3 comentários para “Você também é vítima da guerra"

  1. robert e williamson jr
    Março 13, 2022 em 21: 16

    A mente brilhante não deveria querer participar da babá de armas nucleares. Somente os malucos, os comprovadamente insanos, buscariam tal responsabilidade. Suspeito que a mente brilhante fracassaria numa tal situação, a de assegurar que as armas individualmente mais caras do planeta não fossem utilizadas.

    Este desperdício é uma falha épica dos humanos em se controlarem e os EUA lideraram o caminho. A dissuasão nuclear foi gravemente danificada quando os EUA foram, de alguma forma, convencidos a permitir a transferência sub-reptícia de Materiais Nucleares Especiais para Israel. O que estava acontecendo na época em que JFK foi morto. A sua morte sinalizou o fim dos primeiros esforços para limitar a proliferação nuclear. Seu plano de retroceder nos esforços com armas nucleares morreu com ele.

    Tal como os problemas da Ucrânia que temos hoje poderiam ter sido tratados de forma diferente, o mesmo foi dito sobre a proliferação nuclear.

    Cuba, Hiroshima e Nagasaki ensinaram aos líderes mundiais muito pouco que pudesse eliminar o seu medo da pressa soviética e dos EUA em armar-se com armas nucleares, não por medo, mas por desejo de poder.

    Já foi dito que o louco não tem medo. Eu digo que eles provam isso todos os dias.

    Mais uma vez, a liderança falhou miseravelmente ao permitir-se virar a cabeça em vez de impedir um assassinato. É preciso perguntar-se por que isso aconteceu.

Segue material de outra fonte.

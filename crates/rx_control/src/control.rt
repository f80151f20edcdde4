// The control of one activity.
ghost use Rattle.std.specs.Prelude.{◌≡◌, ◌≢◌, ℕ, ◌+◌, ◌*◌, ◌<◌, ◌≤◌, List, [], ◌∷◌, ◌++◌, Option, Some, None, IfOk, OnOk, OnErr, IfErr};
ghost use Rattle.std.specs.Prelude.{MatchOption, option_to_list, vec_len, vec_capacity, ◌↔◌, IsTrue};
ghost use Rattle.rx_base.specs.declared.ids.PlaceId.{PlaceId};
ghost use Rattle.rx_base.specs.declared.values.Fault.{Fault};
ghost use Rattle.rx_rules.specs.Code.{Stmt as Tree, Block, work};
ghost use Rattle.rx_rules.specs.Terms.{no_vars, Term, at, Empty, Waits, does, begins, child, items, granted, replaced, answered};
ghost use Rattle.rx_rules.specs.Terms.{answer_of, vars_after, receives, stmt_child};
ghost use Rattle.rx_rules.specs.Plays.{vars_told};
ghost use Rattle.rx_rules.specs.declared.entries.Act.{Act};
ghost use Rattle.rx_syntax.specs.Shape.{Shape, Stands};
ghost use Rattle.rx_control.specs.declared.frame.Frame.{Frame};
ghost use Rattle.rx_control.specs.Stands.{StandsFor, path_of, AfterLocalStep, IsSame};
ghost use Rattle.rx_control.specs.Seeds.{IsSeedOf};
ghost use Rattle.rx_control.specs.Bound.{StepFalls};
ghost use Rattle.rx_runs.specs.Steps.{steps};
ghost use Rattle.rx_history.specs.Next.{next_of, carried};
ghost use Rattle.rx_control.specs.Inside.Front.{lifted, PositionStands, Due};

use crate::birth::{Seed, born, seed_of, set_front, start};
use crate::faults::{is_caught, one_fault};
use crate::frame::{Frame, drop_top, enter, go_on, settle, top, unwind};
use crate::path::{front_path, is_front_path};
use crate::statement::{at_hand, following, learn, open_after, receive, receiver, statement_of};
use rx_base::{Fault, Faults, NoMemory, Path, PlaceId, Value};
use rx_check::Program;
use rx_plan::{Next, Plan, Variables, Want, make_plan, tell};
use rx_syntax::{BlockId, Script, Stmt};
use std::alloc::Global;

/// What one activity has still to run, with its variables. It stands for terms of the rules, and the program passed to its calls
/// is the one that it was made with. It may be moved between threads. docs/semantics.md states the steps.
#[derive(Drop)]
pub struct Control {
    pub(crate) base: Path,
    pub(crate) frames: Vec<Frame>,
    pub(crate) raised: Option<Faults>,
    pub(crate) vars: Variables,
}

    Obrigado Vijay Prashad e equipe CN

  2. michael888
    Março 11, 2022 em 09: 51

    Embora as pessoas normais concordem plenamente com estes sentimentos, o nosso governo não é composto por homens normais ou honrados.
    Os EUA só honram tratados/acordos quando é do seu interesse fazê-lo.
    Estamos perante uma guerra na Ucrânia que poderia ter sido facilmente evitada se Biden tivesse deixado Zelinsky honrar a assinatura da Ucrânia nos Acordos de Minsk II.
    A Guerra Nuclear é um exercício de escalada do tipo tudo ou nada (embora Robert Scheer tenha contado a GWH Bush afirmando que uma guerra nuclear era vencível, uma visão certamente partilhada pelos perturbados neocon/neolibs em DC hoje).
    Um perigo muito mais provável são as armas biológicas, como nos 30 laboratórios destruídos pelos russos na Ucrânia. O SARS-CoV2 foi provavelmente o resultado de um acidente de laboratório, mas todos os principais estados são capazes de fazer coisas muito, muito piores.

  3. Gráfico TP
    Março 11, 2022 em 06: 09

    Eatherly e essas 30 mulheres têm tudo para nos ensinar.